(Beginning of Information)
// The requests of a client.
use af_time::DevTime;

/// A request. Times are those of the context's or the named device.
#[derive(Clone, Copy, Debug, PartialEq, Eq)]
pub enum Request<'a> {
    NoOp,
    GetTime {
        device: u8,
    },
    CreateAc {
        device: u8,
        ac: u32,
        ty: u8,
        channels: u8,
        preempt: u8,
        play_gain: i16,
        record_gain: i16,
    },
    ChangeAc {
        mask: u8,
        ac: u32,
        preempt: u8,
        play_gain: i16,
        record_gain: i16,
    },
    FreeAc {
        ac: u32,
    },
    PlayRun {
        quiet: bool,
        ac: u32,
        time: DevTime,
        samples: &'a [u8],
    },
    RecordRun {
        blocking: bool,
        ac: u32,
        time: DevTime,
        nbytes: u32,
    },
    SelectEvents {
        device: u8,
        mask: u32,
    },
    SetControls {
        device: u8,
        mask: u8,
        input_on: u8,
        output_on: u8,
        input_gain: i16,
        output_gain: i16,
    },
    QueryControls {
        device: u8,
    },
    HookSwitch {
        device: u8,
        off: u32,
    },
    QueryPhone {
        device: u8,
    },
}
(End of Information)
→ **What is being asked**
Once you have read the listing, copy it out exactly.

→ **Expected answer**
// The requests of a client.
use af_time::DevTime;

/// A request. Times are those of the context's or the named device.
#[derive(Clone, Copy, Debug, PartialEq, Eq)]
pub enum Request<'a> {
    NoOp,
    GetTime {
        device: u8,
    },
    CreateAc {
        device: u8,
        ac: u32,
        ty: u8,
        channels: u8,
        preempt: u8,
        play_gain: i16,
        record_gain: i16,
    },
    ChangeAc {
        mask: u8,
        ac: u32,
        preempt: u8,
        play_gain: i16,
        record_gain: i16,
    },
    FreeAc {
        ac: u32,
    },
    PlayRun {
        quiet: bool,
        ac: u32,
        time: DevTime,
        samples: &'a [u8],
    },
    RecordRun {
        blocking: bool,
        ac: u32,
        time: DevTime,
        nbytes: u32,
    },
    SelectEvents {
        device: u8,
        mask: u32,
    },
    SetControls {
        device: u8,
        mask: u8,
        input_on: u8,
        output_on: u8,
        input_gain: i16,
        output_gain: i16,
    },
    QueryControls {
        device: u8,
    },
    HookSwitch {
        device: u8,
        off: u32,
    },
    QueryPhone {
        device: u8,
    },
}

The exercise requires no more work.